TASK BRIEF:
Where the line containing "let palette = Palette::of(rt, words.color);" appears, start copying; continue through the last line below and copy nothing else.

[Opening MATERIAL FOR THE TASK section]

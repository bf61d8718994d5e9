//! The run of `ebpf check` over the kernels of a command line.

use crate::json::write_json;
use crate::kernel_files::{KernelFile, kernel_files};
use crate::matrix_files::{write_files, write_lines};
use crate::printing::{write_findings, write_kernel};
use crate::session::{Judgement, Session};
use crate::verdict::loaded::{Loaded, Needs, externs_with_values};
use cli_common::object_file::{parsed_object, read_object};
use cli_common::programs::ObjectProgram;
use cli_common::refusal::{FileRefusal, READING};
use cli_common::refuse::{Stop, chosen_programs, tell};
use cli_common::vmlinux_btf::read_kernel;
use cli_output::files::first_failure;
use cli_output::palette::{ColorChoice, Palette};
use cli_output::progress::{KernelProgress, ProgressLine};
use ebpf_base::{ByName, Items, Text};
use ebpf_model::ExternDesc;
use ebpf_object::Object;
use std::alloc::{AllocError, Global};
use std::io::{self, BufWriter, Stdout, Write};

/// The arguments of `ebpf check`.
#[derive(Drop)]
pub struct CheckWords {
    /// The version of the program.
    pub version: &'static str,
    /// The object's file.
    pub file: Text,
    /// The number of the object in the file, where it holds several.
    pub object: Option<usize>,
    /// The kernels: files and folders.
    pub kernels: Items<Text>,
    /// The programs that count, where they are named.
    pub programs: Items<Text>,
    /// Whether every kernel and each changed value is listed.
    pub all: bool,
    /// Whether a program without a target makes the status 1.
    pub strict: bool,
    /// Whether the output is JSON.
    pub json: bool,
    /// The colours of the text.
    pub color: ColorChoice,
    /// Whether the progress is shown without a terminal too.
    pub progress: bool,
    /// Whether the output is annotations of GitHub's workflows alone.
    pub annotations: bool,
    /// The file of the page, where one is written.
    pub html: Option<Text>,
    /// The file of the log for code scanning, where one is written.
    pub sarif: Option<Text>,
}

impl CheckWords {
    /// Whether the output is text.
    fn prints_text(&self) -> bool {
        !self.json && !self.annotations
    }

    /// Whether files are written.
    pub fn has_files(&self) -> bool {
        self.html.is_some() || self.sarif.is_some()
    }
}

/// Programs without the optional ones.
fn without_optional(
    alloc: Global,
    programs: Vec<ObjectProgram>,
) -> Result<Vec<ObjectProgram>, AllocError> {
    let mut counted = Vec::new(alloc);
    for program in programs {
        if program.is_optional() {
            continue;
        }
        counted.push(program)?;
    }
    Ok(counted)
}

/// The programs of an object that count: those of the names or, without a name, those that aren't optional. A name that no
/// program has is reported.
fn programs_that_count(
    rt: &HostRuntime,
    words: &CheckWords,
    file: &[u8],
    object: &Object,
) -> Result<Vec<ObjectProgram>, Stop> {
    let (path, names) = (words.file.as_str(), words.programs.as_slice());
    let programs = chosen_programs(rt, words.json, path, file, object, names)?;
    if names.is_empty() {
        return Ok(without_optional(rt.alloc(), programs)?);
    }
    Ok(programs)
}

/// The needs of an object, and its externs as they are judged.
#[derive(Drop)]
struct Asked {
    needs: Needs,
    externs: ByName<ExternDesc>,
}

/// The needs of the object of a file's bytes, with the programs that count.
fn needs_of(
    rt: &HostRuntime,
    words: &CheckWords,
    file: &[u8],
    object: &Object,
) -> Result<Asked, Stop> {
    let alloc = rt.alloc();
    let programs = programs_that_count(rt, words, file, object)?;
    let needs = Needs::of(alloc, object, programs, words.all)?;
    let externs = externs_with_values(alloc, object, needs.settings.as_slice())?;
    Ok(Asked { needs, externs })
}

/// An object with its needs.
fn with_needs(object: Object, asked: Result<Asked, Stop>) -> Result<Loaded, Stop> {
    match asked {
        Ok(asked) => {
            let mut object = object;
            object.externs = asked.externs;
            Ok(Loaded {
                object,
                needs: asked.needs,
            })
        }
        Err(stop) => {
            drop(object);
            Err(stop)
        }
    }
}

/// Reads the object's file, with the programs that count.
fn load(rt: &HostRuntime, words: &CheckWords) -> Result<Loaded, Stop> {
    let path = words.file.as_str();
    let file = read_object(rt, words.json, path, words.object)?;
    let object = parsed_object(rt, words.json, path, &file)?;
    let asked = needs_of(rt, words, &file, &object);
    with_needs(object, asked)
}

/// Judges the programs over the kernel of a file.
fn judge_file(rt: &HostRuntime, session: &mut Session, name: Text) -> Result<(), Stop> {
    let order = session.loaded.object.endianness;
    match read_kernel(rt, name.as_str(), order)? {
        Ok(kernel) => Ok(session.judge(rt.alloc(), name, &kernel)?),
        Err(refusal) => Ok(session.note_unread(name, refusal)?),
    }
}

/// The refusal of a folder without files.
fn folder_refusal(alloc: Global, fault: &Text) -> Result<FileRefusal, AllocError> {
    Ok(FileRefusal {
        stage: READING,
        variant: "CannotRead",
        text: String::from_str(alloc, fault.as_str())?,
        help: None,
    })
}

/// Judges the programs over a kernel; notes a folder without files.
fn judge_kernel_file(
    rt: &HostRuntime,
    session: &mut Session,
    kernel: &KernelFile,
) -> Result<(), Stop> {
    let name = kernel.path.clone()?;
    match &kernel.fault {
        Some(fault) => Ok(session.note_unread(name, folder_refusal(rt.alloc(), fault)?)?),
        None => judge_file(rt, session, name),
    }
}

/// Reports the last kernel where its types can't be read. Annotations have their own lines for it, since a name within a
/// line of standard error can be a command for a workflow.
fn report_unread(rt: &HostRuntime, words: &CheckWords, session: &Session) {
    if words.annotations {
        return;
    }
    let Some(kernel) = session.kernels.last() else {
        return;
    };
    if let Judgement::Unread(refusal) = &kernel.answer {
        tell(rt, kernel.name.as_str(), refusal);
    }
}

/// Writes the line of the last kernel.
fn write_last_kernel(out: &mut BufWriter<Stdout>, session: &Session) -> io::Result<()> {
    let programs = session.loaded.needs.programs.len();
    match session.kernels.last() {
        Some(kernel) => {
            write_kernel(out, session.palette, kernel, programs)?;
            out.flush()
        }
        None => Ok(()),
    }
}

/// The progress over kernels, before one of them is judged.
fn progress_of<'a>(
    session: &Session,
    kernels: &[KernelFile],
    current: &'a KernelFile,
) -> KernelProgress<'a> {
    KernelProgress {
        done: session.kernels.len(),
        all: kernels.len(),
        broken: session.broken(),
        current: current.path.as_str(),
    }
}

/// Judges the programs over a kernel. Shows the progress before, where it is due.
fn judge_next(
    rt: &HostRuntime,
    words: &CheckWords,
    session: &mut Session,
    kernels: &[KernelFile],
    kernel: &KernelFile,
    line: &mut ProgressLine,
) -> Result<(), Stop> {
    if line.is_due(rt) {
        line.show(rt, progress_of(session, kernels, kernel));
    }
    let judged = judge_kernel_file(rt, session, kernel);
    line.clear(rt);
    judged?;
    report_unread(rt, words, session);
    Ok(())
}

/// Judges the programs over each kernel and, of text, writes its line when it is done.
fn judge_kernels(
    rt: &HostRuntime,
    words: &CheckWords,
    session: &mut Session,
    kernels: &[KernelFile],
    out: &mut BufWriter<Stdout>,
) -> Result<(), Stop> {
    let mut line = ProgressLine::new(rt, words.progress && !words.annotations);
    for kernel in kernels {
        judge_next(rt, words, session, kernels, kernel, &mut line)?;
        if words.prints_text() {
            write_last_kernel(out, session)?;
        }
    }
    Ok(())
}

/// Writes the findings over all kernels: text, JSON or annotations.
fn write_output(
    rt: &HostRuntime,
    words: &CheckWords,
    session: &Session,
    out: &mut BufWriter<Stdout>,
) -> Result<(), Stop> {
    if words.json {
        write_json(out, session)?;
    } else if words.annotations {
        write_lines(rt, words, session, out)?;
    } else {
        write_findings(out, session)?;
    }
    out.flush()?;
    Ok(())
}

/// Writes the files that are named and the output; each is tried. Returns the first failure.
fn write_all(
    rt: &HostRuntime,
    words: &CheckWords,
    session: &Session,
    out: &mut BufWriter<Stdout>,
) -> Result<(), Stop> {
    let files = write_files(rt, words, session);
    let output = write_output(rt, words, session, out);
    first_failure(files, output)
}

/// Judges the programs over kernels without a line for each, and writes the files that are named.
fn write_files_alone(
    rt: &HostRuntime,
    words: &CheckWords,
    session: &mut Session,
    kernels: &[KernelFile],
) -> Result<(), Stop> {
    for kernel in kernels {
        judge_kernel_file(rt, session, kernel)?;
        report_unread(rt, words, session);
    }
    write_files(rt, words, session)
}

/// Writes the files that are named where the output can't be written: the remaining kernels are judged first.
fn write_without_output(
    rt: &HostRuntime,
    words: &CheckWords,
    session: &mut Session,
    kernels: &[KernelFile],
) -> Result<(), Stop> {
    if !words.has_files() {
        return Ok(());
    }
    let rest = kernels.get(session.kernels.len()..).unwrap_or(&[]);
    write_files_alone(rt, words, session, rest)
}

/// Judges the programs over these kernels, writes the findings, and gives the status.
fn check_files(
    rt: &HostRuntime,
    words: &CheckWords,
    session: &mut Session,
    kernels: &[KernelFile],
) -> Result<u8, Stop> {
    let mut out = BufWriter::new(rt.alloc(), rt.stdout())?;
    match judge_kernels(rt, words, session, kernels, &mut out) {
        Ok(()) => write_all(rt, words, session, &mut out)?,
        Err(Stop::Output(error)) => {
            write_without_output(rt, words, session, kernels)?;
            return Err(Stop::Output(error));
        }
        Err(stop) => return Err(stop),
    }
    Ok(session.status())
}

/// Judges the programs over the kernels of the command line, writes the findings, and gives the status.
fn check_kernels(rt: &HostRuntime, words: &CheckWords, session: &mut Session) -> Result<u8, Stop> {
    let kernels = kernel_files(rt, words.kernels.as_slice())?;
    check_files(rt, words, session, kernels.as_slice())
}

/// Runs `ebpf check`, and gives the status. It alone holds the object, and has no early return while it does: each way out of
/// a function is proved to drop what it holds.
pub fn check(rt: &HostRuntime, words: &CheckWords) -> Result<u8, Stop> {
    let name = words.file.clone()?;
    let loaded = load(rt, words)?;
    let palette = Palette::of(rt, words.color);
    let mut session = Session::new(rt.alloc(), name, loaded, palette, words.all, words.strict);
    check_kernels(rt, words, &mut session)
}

[Closing MATERIAL FOR THE TASK section]

TASK OUTPUT:
    let palette = Palette::of(rt, words.color);
    let mut session = Session::new(rt.alloc(), name, loaded, palette, words.all, words.strict);
    check_kernels(rt, words, &mut session)
}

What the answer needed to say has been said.